MONDAY, June 21, 2021 (HealthDay News) — U.S. health experts warn there is a ticking time bomb in 11 states where 20 percent or more of seniors still have not received a COVID-19 vaccine.
Top priority for vaccinations was given to Americans aged 65 years and older because they are far more vulnerable to serious illness and death from the virus than younger people. Accordingly, this age group does have the highest rate of vaccination: 87 percent have received at least one dose compared with 60 percent for people aged 18 to 64 years and 31 percent for those aged 12 to 17 years, data from the U.S. Centers for Disease Control and Prevention show.
But in the 11 states where vaccination rates are lower among seniors, those who have not received a shot pose a public health risk as social-distancing restrictions are stripped away. Most of the 11 states are in the South: Alabama, Arkansas, Louisiana, Mississippi, North Carolina, and Tennessee, The New York Times reported. Georgia, Idaho, and Missouri are at the 20 percent threshold. West Virginia and Wyoming have more than 20 percent of people 65 years and older without one dose.
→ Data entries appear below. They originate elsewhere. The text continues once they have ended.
// When two values are equal, as `==` has it.
ghost use Rattle.std.specs.Prelude.{◌≡◌, ◌<◌, ◌+◌, ◌&&◌, IsTrue, ◌↔◌, length, map, drop, not, bytes_eq, slice_get, Some};
ghost use Rattle.std.specs.Cmp.Lexicographic.{pointwise};
ghost use Rattle.std.specs.Option.{option_copied};
ghost use Rattle.sw_values.specs.declared.plain.Plain.{Plain};
ghost use Rattle.sw_values.specs.Canon.{canon, canon_pair, map_words, is_empty};
ghost use Rattle.sw_values.specs.Equality.{is_equal, same_separator, same_truth, is_nothing, lists_alike, value_for, pairs_within, keys_within, maps_alike, alike, MapsAreTold};
ghost use Rattle.sw_values.specs.Maps.{AreDistinct};
ghost use Rattle.sw_values.specs.Shape.{node_of};

use super::coding::{separator_word, truth_word};
use super::{Node, Pairs, Value};
use crate::Separator;
use sw_units::equal;

impl Value {
    /// Whether both are equal as `==` has it, which is so exactly where their canons are the same. Takes no memory.
    pub fn equals(&self, other: &Value) -> bool
        ensures equal { result ≡ is_equal self.now other.now }
        ensures canon { IsTrue result ↔ (canon self.now ≡ canon other.now) }
        ensures rules { result ≡ alike is_equal (node_of self.now) (node_of other.now) }
    {
        equal_values(self, other)
    }
}

impl Pairs {
    /// How many there are. No two keys are equal.
    pub fn len(&self) -> usize
        ensures len { result ≡ length self.now }
        ensures distinct { AreDistinct self.now }
    {
        self.keys.get().len()
    }

    /// Whether there are no keys. Takes no memory.
    pub fn is_empty(&self) -> bool
        ensures { result ≡ is_empty self.now }
    {
        match self.as_slice() {
            [] => true,
            [_, ..] => false,
        }
    }

    // The value of the key that another map has at a place.
    fn value_at_key(&self, other: &Pairs, place: usize) -> Option<&Value>
        requires { place < length other.now }
        ensures { (pair : Plain × Plain) → slice_get other.now place ≡ Some pair
            → option_copied result ≡ value_for is_equal pair.0 self.now }
    {
        let keys = other.keys.get().as_slice();
        self.get(&keys[place])
    }

    // Whether there is the key that another map has at a place.
    fn has_key_at(&self, other: &Pairs, place: usize) -> bool
        requires { place < length other.now }
        ensures { keys_within is_equal (drop place other.now) self.now
            ≡ (result && keys_within is_equal (drop (place + 1) other.now) self.now) }
    {
        match self.value_at_key(other, place) {
            None => false,
            Some(_) => true,
        }
    }
}

fn same_separator(one: Separator, other: Separator) -> bool
    ensures { result ≡ same_separator one other }
{
    separator_word(one) == separator_word(other)
}

fn same_truth(one: bool, other: bool) -> bool
    ensures { result ≡ same_truth one other }
{
    truth_word(one) == truth_word(other)
}

// A list without items and brackets.
fn is_nothing(bracketed: bool, items: &[Value]) -> bool
    ensures { result ≡ is_nothing bracketed items.now }
{
    match items {
        [] => !bracketed,
        [_, ..] => false,
    }
}

#[cycle(equality)]
fn equal_values(a: &Value, b: &Value) -> bool
    ensures equal { result ≡ is_equal a.now b.now }
    ensures rules { result ≡ alike is_equal (node_of a.now) (node_of b.now) }
{
    equal_nodes(&a.node, &b.node)
}

#[cycle(equality)]
fn equal_nodes(a: &Node, b: &Node) -> bool
    ensures rules { result ≡ alike is_equal a.now b.now }
    ensures told { MapsAreTold a.now b.now }
{
    match (a, b) {
        (Node::Number(number), Node::Number(other)) => equal(number, other),
        (Node::Text { text, .. }, Node::Text { text: other, .. }) => text.same(other),
        (Node::Colour(colour), Node::Colour(other)) => colour.equals(other),
        (
            Node::List {
                items,
                separator,
                bracketed,
            },
            Node::List {
                items: others,
                separator: other,
                bracketed: other_bracketed,
            },
        ) => equal_lists(
            *separator,
            *bracketed,
            items.get().as_slice(),
            *other,
            *other_bracketed,
            others.get().as_slice(),
        ),
        (
            Node::List {
                items,
                separator,
                bracketed,
            },
            Node::Args { items: others, .. },
        ) => equal_lists(
            *separator,
            *bracketed,
            items.get().as_slice(),
            Separator::Comma,
            false,
            others.get().as_slice(),
        ),
        (
            Node::Args { items, .. },
            Node::List {
                items: others,
                separator: other,
                bracketed: other_bracketed,
            },
        ) => equal_lists(
            Separator::Comma,
            false,
            items.get().as_slice(),
            *other,
            *other_bracketed,
            others.get().as_slice(),
        ),
        (Node::Args { items, .. }, Node::Args { items: others, .. }) => equal_lists(
            Separator::Comma,
            false,
            items.get().as_slice(),
            Separator::Comma,
            false,
            others.get().as_slice(),
        ),
        (
            Node::List {
                items,
                bracketed,
                ..
            },
            Node::Map(pairs),
        ) => is_nothing(*bracketed, items.get().as_slice()) && pairs.is_empty(),
        (
            Node::Map(pairs),
            Node::List {
                items,
                bracketed,
                ..
            },
        ) => is_nothing(*bracketed, items.get().as_slice()) && pairs.is_empty(),
        (Node::Args { items, .. }, Node::Map(pairs)) => {
            is_nothing(false, items.get().as_slice()) && pairs.is_empty()
        }
        (Node::Map(pairs), Node::Args { items, .. }) => {
            is_nothing(false, items.get().as_slice()) && pairs.is_empty()
        }
        (Node::Map(pairs), Node::Map(others)) => equal_maps(pairs, others),
        (Node::Bool(truth), Node::Bool(other)) => same_truth(*truth, *other),
        (Node::Null, Node::Null) => true,
        _ => false,
    }
}

#[cycle(equality)]
fn equal_lists(
    separator: Separator,
    bracketed: bool,
    items: &[Value],
    other: Separator,
    other_bracketed: bool,
    others: &[Value],
) -> bool
    ensures { result ≡ lists_alike is_equal separator bracketed items.now other other_bracketed others.now }
{
    if is_nothing(bracketed, items) {
        return is_nothing(other_bracketed, others);
    }
    if !(same_separator(separator, other) && same_truth(bracketed, other_bracketed)) {
        return false;
    }
    equal_items(items, others)
}

#[cycle(equality)]
fn equal_items(xs: &[Value], ys: &[Value]) -> bool
    ensures { result ≡ pointwise is_equal xs.now ys.now }
{
    if xs.len() != ys.len() {
        return false;
    }
    'items: for i in 0..xs.len() {
        if !equal_values(&xs[i], &ys[i]) {
            return false;
        }
    }
    true
}

#[cycle(equality)]
fn equal_maps(pairs: &Pairs, others: &Pairs) -> bool
    ensures rule { result ≡ maps_alike is_equal pairs.now others.now }
    ensures words { maps_alike is_equal pairs.now others.now
        ≡ bytes_eq (map_words (map canon_pair pairs.now)) (map_words (map canon_pair others.now)) }
{
    if pairs.len() != others.len() {
        return false;
    }
    keys_within(others, pairs) && pairs_within(pairs, others)
}

fn keys_within(pairs: &Pairs, others: &Pairs) -> bool
    ensures { result ≡ keys_within is_equal pairs.now others.now }
{
    'pairs: for i in 0..pairs.len() {
        if !others.has_key_at(pairs, i) {
            return false;
        }
    }
    true
}

#[cycle(equality)]
fn pairs_within(pairs: &Pairs, others: &Pairs) -> bool
    ensures { result ≡ pairs_within is_equal pairs.now others.now }
{
    'pairs: for i in 0..pairs.len() {
        if !is_pair_within(pairs, i, others) {
            return false;
        }
    }
    true
}

#[cycle(equality)]
fn is_pair_within(pairs: &Pairs, place: usize, others: &Pairs) -> bool
    requires { place < length pairs.now }
    ensures { pairs_within is_equal (drop place pairs.now) others.now
        ≡ (result && pairs_within is_equal (drop (place + 1) pairs.now) others.now) }
{
    let list = pairs.as_slice();
    let pair = &list[place];
    match others.value_at_key(pairs, place) {
        None => false,
        Some(other) => equal_values(&pair.1, other),
    }
}
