// Lists and maps that grow, in place where nobody else holds them.
ghost use Rattle.std.specs.Prelude.{◌≡◌, ◌+◌, ◌++◌, ◌∷◌, [], IfOk, IfErr, MatchResult, max, true};
ghost use Rattle.sw_values.specs.Growing.{list_parts, is_list, list_with, map_pairs, is_map, map_with, IsGrowthFault};
ghost use Rattle.sw_values.specs.Maps.{with_value};
ghost use Rattle.sw_values.specs.Shape.{plain_of, node_of, IsTooLarge};
ghost use Rattle.sw_values.specs.Weight.{weigh, nest};
ghost use Rattle.sw_values.specs.declared.fault.ValueFault.TheVariants as F;
ghost use Rattle.sw_values.specs.declared.plain.Plain.TheVariants as P;

use super::{Node, Pairs, Value, shares};
use crate::limits::{DEEPEST, MOST_WEIGHT};
use crate::{Separator, ValueFault};
use std::alloc::Global;
use sw_text::{List, Memory, Shared};

impl Value {
    /// Whether the value is a list, and no argument list. Takes no memory.
    pub fn is_list(&self) -> bool
        ensures { result ≡ is_list self.now }
    {
        match self.node() {
            Node::Number(_) => false,
            Node::Text { .. } => false,
            Node::Colour(_) => false,
            Node::List { .. } => true,
            Node::Map(_) => false,
            Node::Bool(_) => false,
            Node::Null => false,
            Node::Args { .. } => false,
        }
    }

    /// The list with one more item behind its items, joined by this separator. Where nobody else holds the items they
    /// aren't copied, and it takes constant time but for the list's growth. After a fault the list is left to those
    /// who hold it besides.
    pub fn push_item(
        self,
        alloc: Global,
        item: Value,
        separator: Separator,
    ) -> Result<Value, ValueFault>
        requires { is_list self ≡ true }
        ensures ok { IfOk result (λ value. value ≡ list_with (list_parts (node_of self)) separator item) }
        ensures list { IfOk result (λ value. is_list value ≡ true) }
        ensures err { IfErr result (λ fault.
            IsGrowthFault (list_with (list_parts (node_of self)) separator item) fault) }
    {
        let weight = self.weight() + item.weight();
        let nesting = self.nesting().max(item.nesting() + 1);
        let Value { node, .. } = self;
        match parts_of(node) {
            None => unreachable!(),
            Some((items, bracketed)) => match with_last(alloc, items, item) {
                Err(_) => Err(ValueFault::Memory),
                Ok(items) => sized(
                    Node::List {
                        items,
                        separator,
                        bracketed,
                    },
                    weight,
                    nesting,
                ),
            },
        }
    }

    /// Whether the value is a map. Takes no memory.
    pub fn is_map(&self) -> bool
        ensures { result ≡ is_map self.now }
    {
        match self.node() {
            Node::Number(_) => false,
            Node::Text { .. } => false,
            Node::Colour(_) => false,
            Node::List { .. } => false,
            Node::Map(_) => true,
            Node::Bool(_) => false,
            Node::Null => false,
            Node::Args { .. } => false,
        }
    }

    /// The map with a value for a key: a key that is there keeps its place and its spelling, and a new one comes last.
    /// Where nobody else holds the map none of it is copied, and a new key takes constant time but for the map's
    /// growth. After a fault the map is left to those who hold it besides.
    pub fn set_key(self, alloc: Global, key: &Value, value: &Value) -> Result<Value, ValueFault>
        requires { is_map self ≡ true }
        ensures ok { IfOk result (λ made. made ≡ map_with (map_pairs (node_of self)) key.now value.now) }
        ensures map { IfOk result (λ made. is_map made ≡ true) }
        ensures err { IfErr result (λ fault.
            IsGrowthFault (map_with (map_pairs (node_of self)) key.now value.now) fault) }
    {
        let weight = self.weight() + key.weight() + value.weight();
        let nesting = self.nesting().max(key.nesting().max(value.nesting()) + 1);
        let Value { node, .. } = self;
        match pairs_in(node) {
            None => unreachable!(),
            Some(pairs) => set_in(alloc, pairs, key, value, weight, nesting),
        }
    }
}

// The pairs of a map.
fn pairs_in(node: Node) -> Option<Pairs>
    ensures { result ≡ map_pairs node }
{
    match node {
        Node::Number(_) => None,
        Node::Text { .. } => None,
        Node::Colour(_) => None,
        Node::List { .. } => None,
        Node::Map(pairs) => Some(pairs),
        Node::Bool(_) => None,
        Node::Null => None,
        Node::Args { .. } => None,
    }
}

// The map of these pairs with a value for a key. The weight and the nesting are those with a new key.
fn set_in(
    alloc: Global,
    pairs: Pairs,
    key: &Value,
    value: &Value,
    weight: u32,
    nesting: u16,
) -> Result<Value, ValueFault>
    requires weight { weight ≡ weigh (P.Map pairs) + weigh key.now + weigh value.now }
    requires nesting { nesting ≡ max (nest (P.Map pairs)) (max (nest key.now) (nest value.now) + 1) }
    ensures ok { IfOk result (λ made. made ≡ P.Map (with_value pairs key.now value.now)) }
    ensures err { IfErr result (λ fault. IsGrowthFault (P.Map (with_value pairs key.now value.now)) fault) }
{
    match key.canon(alloc) {
        Err(_) => Err(ValueFault::Memory),
        Ok(canon) => match pairs.place_of(&canon) {
            Some(place) => match pairs.set_at(alloc, place, value) {
                Err(_) => Err(ValueFault::Memory),
                Ok(pairs) => Value::of(Node::Map(pairs)),
            },
            None => match pairs.grown(alloc, key, canon, value) {
                Err(_) => Err(ValueFault::Memory),
                Ok(pairs) => sized(Node::Map(pairs), weight, nesting),
            },
        },
    }
}

// The value of a node of this weight and nesting, unless one of them is too much.
fn sized(node: Node, weight: u32, nesting: u16) -> Result<Value, ValueFault>
    requires weight { weight ≡ weigh (plain_of node) }
    requires nesting { nesting ≡ nest (plain_of node) }
    ensures { MatchResult result (λ value. value ≡ plain_of node)
        (λ fault. (fault ≡ F.TooLarge) × IsTooLarge (plain_of node)) }
{
    if weight > MOST_WEIGHT {
        return Err(ValueFault::TooLarge);
    }
    if nesting > DEEPEST {
        return Err(ValueFault::TooLarge);
    }
    Ok(Value {
        node,
        weight,
        nesting,
    })
}

// The items of a list, and whether it stands in brackets.
fn parts_of(node: Node) -> Option<(Shared<List<Value>>, bool)>
    ensures { result ≡ list_parts node }
{
    match node {
        Node::Number(_) => None,
        Node::Text { .. } => None,
        Node::Colour(_) => None,
        Node::List {
            items,
            bracketed,
            ..
        } => Some((items, bracketed)),
        Node::Map(_) => None,
        Node::Bool(_) => None,
        Node::Null => None,
        Node::Args { .. } => None,
    }
}

// The list itself, where this is its one owner, else a copy.
fn owned(alloc: Global, items: Shared<List<Value>>) -> Result<List<Value>, Memory>
    ensures { IfOk result (λ list. list ≡ items) }
{
    match items.into_inner() {
        Ok(list) => Ok(list),
        Err(items) => shares(alloc, items.get().as_slice()),
    }
}

fn pushed(alloc: Global, list: List<Value>, item: Value) -> Result<Shared<List<Value>>, Memory>
    ensures { IfOk result (λ items. items ≡ list ++ item ∷ []) }
{
    let mut list = list;
    list.push(item)?;
    Shared::new(alloc, list)
}

fn with_last(
    alloc: Global,
    items: Shared<List<Value>>,
    item: Value,
) -> Result<Shared<List<Value>>, Memory>
    ensures { IfOk result (λ list. list ≡ items ++ item ∷ []) }
{
    match owned(alloc, items) {
        Ok(list) => pushed(alloc, list, item),
        Err(fault) => Err(fault),
    }
}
“The 20 percent lines up pretty well with a group of people, especially in the South, who say, ‘No way, no how am I getting vaccinated,'” Michael Saag, M.D., associate dean for global health at the University of Alabama at Birmingham, told The Times. “Convincing them that it is in their own interest is a tough nut to crack. All epidemics are local at the end of the day, and transmission is person-to-person. There is going to be a hot pocket of transmission if someone becomes infected and others around them are unvaccinated. This is not Epidemiology 101, this is common sense.”